• EXERCISE GOAL: Every line of the entries below from the one containing "use crate::status::Status;" to the one containing "own list decides.", both ends included, must be written out exactly. No other line belongs in the answer.

Records from a data collection:
^^^^^^^^

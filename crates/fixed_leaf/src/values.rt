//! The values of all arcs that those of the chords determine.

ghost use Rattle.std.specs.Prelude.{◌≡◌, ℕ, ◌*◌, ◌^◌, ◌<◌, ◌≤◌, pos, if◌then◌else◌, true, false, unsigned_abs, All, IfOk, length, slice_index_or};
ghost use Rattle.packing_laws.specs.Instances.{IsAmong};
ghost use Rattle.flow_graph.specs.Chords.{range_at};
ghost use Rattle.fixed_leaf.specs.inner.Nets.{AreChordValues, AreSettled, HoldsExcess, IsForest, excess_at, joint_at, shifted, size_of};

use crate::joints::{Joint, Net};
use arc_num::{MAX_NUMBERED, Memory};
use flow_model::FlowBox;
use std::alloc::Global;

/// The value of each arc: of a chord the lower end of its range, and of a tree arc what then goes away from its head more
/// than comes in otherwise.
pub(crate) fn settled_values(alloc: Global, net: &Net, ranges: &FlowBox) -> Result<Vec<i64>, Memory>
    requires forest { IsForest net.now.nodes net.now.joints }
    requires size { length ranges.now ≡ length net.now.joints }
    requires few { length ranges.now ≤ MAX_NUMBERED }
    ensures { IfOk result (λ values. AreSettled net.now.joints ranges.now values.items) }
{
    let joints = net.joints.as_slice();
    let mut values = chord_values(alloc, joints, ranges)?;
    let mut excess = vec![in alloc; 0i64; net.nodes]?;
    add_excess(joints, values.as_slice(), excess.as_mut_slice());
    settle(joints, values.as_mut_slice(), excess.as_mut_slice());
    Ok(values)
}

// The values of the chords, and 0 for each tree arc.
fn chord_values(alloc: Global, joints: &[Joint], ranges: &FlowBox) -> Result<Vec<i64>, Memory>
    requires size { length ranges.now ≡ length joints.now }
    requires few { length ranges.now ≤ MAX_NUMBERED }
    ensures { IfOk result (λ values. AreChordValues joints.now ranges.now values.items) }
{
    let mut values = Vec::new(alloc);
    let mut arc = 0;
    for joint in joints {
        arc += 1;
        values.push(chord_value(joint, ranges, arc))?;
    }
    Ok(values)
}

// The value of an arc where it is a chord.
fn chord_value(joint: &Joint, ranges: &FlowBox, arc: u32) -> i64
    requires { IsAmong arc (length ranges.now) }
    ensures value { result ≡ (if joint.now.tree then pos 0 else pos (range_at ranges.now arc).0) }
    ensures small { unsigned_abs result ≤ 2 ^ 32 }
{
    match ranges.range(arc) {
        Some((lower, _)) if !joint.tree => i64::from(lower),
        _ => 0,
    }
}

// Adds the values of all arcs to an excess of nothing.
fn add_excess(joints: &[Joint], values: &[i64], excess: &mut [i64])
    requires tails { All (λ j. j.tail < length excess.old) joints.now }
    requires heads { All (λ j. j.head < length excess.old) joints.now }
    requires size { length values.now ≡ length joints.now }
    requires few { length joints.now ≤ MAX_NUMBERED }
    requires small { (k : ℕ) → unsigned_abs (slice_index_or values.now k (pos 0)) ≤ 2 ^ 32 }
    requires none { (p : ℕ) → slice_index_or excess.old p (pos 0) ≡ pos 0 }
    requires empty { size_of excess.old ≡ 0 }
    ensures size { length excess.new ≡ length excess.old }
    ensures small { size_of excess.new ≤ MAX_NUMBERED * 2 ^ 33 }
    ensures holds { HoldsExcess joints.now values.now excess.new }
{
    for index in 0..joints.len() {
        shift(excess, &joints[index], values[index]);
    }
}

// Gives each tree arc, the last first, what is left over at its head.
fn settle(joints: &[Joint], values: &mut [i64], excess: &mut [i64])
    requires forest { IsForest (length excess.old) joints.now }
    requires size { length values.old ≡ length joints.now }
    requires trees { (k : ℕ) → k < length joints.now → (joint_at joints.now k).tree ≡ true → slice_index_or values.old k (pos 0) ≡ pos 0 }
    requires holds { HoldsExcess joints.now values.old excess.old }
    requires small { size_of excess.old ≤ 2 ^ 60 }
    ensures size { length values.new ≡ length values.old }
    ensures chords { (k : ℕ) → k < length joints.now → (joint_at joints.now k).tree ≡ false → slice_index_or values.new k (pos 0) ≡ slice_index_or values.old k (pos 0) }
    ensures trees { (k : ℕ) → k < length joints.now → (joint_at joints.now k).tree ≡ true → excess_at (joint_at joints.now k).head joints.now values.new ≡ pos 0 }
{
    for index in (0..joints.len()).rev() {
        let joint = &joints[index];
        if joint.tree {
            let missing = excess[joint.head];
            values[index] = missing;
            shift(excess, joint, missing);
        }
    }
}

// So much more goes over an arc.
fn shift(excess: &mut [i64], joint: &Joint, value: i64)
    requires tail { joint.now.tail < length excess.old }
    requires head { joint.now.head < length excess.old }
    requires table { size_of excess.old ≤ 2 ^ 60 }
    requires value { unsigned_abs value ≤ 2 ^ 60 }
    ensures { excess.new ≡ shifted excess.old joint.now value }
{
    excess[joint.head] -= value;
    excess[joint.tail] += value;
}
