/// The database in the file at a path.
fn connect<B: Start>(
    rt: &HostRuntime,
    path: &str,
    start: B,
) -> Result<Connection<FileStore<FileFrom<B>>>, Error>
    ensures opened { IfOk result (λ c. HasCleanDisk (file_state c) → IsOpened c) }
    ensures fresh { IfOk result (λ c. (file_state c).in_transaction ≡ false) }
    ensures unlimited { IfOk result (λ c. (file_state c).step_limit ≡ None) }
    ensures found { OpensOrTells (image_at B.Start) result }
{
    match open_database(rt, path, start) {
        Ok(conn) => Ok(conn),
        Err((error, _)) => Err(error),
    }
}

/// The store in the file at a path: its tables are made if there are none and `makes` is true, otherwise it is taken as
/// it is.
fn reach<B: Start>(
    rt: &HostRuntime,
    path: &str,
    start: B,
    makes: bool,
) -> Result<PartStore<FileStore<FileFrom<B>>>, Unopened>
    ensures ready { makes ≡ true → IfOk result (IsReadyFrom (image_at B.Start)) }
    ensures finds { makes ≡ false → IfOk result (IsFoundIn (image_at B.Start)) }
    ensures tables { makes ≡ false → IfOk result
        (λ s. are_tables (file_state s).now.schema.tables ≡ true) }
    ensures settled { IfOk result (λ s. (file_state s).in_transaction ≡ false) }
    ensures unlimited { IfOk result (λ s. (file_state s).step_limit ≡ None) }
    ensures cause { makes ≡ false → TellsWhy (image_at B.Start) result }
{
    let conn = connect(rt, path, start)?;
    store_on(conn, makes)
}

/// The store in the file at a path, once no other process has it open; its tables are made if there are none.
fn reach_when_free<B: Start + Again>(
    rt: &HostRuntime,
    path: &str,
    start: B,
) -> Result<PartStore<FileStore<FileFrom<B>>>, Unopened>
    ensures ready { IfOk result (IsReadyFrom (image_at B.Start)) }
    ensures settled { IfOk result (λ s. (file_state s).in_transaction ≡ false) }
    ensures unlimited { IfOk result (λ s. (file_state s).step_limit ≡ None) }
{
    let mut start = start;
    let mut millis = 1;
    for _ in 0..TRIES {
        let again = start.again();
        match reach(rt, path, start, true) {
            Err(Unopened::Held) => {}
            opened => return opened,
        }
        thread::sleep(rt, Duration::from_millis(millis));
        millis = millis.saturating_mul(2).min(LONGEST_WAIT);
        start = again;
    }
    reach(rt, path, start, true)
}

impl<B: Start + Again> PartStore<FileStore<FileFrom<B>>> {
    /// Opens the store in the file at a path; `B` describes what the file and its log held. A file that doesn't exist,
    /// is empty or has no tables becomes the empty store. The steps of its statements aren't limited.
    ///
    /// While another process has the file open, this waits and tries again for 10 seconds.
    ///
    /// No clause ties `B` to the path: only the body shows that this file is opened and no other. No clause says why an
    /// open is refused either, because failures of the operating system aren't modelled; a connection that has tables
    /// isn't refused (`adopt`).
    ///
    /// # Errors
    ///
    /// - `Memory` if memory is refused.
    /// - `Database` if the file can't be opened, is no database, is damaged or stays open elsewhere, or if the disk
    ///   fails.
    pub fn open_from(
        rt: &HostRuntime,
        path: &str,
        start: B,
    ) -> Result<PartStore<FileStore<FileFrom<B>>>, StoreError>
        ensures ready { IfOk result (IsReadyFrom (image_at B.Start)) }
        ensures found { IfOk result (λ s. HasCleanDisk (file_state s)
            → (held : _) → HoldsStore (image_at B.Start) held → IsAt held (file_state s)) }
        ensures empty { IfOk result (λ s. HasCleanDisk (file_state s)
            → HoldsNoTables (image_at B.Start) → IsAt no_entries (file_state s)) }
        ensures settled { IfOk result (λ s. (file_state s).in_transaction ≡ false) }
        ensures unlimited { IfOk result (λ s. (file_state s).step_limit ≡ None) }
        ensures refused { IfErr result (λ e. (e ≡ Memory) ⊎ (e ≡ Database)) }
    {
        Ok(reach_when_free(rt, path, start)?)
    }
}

^^^^^^^^

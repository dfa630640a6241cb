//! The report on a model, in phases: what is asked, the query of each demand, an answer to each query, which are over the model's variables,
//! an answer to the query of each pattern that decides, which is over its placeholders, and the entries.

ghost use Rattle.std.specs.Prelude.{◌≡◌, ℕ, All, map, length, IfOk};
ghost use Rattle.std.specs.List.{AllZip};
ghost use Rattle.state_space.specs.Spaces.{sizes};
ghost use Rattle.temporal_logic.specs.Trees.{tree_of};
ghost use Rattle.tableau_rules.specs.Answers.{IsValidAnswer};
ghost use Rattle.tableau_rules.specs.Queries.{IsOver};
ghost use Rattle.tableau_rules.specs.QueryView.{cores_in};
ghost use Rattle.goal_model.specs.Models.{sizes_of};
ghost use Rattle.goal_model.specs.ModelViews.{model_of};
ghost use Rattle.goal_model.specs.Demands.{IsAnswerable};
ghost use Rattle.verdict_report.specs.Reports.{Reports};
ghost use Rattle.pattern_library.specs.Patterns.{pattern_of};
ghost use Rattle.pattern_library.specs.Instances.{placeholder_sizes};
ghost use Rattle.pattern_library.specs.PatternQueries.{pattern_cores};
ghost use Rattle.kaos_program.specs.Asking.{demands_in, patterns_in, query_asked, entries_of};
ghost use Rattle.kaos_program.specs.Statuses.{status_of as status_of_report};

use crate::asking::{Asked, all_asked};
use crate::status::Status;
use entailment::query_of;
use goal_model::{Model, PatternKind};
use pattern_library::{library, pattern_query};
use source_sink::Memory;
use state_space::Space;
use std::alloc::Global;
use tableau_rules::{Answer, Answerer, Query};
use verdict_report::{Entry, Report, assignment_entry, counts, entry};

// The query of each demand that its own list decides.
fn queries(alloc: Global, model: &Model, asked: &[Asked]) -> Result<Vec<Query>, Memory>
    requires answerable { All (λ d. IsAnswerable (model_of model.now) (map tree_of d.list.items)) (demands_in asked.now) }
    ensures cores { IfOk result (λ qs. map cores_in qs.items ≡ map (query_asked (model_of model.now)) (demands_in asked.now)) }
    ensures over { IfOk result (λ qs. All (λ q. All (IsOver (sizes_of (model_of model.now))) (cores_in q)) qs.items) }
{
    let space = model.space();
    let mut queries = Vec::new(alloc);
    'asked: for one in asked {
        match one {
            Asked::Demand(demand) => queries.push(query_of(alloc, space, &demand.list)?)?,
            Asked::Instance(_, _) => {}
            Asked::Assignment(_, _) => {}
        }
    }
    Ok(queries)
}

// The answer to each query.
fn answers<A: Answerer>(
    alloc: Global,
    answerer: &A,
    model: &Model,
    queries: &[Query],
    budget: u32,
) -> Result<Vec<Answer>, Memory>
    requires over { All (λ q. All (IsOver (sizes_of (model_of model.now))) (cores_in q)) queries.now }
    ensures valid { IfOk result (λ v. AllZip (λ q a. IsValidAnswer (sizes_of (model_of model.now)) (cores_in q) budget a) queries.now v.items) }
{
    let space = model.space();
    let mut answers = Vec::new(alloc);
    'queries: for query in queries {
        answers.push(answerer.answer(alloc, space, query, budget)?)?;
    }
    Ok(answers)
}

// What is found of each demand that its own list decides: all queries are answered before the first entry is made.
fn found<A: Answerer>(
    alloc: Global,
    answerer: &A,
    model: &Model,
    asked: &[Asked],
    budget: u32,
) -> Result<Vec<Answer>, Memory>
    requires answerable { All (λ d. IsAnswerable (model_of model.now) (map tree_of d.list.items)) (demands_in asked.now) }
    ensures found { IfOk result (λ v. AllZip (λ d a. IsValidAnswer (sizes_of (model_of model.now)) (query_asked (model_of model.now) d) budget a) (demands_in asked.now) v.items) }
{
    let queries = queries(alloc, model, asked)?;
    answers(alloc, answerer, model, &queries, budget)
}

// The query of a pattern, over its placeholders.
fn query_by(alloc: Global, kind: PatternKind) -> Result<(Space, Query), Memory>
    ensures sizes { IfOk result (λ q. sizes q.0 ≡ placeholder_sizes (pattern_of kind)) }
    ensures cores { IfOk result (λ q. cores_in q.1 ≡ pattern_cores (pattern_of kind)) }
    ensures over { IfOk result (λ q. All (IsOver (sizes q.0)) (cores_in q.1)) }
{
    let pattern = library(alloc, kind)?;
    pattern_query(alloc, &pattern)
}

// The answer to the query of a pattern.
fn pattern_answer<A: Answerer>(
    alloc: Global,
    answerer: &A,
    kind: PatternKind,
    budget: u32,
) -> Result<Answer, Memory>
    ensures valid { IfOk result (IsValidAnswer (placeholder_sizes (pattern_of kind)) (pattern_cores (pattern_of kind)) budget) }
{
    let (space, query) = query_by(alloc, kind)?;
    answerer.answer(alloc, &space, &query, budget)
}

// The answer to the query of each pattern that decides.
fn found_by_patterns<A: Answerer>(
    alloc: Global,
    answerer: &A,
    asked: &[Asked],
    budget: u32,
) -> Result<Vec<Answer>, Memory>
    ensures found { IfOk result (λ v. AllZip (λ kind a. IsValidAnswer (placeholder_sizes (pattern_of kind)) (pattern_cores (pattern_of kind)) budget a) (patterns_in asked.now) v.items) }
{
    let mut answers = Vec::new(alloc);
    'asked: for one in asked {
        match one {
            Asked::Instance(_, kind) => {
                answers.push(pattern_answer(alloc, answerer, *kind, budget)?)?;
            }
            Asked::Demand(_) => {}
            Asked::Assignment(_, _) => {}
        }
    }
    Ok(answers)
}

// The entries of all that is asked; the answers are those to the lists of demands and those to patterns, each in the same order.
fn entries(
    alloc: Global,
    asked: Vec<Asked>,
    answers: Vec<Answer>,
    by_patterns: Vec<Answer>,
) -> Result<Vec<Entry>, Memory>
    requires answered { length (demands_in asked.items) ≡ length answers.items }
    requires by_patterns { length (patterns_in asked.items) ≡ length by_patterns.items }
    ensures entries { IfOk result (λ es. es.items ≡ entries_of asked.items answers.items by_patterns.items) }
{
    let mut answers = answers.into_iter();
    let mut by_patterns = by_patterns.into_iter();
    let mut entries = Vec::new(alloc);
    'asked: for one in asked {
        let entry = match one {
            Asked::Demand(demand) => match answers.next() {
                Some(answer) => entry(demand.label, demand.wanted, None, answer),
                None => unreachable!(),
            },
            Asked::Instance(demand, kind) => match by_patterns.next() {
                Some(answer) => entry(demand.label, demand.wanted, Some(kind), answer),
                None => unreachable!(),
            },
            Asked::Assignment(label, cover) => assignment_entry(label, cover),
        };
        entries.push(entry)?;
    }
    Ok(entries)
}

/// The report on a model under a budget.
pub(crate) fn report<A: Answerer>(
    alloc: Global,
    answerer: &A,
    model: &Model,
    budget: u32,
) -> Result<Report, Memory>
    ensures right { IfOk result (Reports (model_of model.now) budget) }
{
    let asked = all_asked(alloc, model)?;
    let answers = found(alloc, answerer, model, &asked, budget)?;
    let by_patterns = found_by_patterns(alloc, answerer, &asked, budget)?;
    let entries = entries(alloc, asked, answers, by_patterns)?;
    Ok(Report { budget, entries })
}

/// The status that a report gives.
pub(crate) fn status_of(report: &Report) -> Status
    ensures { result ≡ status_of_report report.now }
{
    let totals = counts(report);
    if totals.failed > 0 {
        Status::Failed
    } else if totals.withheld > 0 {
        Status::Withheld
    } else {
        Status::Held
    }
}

^^^^^^^^

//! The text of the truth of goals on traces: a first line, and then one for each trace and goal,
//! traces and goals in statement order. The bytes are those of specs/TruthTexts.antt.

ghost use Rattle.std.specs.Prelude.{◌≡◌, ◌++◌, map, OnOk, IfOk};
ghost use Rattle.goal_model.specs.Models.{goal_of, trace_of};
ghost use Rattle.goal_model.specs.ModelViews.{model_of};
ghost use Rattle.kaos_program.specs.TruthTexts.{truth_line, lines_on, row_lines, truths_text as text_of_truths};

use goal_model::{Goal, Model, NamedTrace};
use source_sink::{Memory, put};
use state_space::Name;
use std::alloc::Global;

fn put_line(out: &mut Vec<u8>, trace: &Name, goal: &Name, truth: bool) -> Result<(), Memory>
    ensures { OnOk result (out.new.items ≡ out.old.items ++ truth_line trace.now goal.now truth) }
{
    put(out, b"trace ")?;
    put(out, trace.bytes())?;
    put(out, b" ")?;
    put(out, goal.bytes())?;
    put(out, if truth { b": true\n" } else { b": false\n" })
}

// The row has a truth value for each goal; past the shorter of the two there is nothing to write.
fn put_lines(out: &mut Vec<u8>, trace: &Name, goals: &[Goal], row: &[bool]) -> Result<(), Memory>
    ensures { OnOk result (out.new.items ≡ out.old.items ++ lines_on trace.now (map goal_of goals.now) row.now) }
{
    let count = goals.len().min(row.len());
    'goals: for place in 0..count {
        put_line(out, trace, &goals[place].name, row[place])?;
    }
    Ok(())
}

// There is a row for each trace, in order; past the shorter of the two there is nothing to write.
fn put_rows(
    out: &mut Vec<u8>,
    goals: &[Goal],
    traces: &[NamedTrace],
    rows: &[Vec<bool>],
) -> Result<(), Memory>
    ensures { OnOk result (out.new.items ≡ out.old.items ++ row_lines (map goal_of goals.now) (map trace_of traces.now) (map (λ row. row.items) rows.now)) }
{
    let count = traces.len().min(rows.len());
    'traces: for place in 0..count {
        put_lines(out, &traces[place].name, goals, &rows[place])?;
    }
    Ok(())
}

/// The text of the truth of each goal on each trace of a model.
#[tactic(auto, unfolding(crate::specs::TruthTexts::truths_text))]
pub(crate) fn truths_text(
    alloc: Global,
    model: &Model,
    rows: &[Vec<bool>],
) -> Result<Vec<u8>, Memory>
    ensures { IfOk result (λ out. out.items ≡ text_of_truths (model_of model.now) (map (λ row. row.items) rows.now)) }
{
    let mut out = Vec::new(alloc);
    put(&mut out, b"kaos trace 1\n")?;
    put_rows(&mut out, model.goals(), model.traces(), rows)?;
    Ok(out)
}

^^^^^^^^

• RESPONSE BELOW:
use crate::status::Status;
use entailment::query_of;
use goal_model::{Model, PatternKind};
use pattern_library::{library, pattern_query};
use source_sink::Memory;
use state_space::Space;
use std::alloc::Global;
use tableau_rules::{Answer, Answerer, Query};
use verdict_report::{Entry, Report, assignment_entry, counts, entry};

// The query of each demand that its own list decides.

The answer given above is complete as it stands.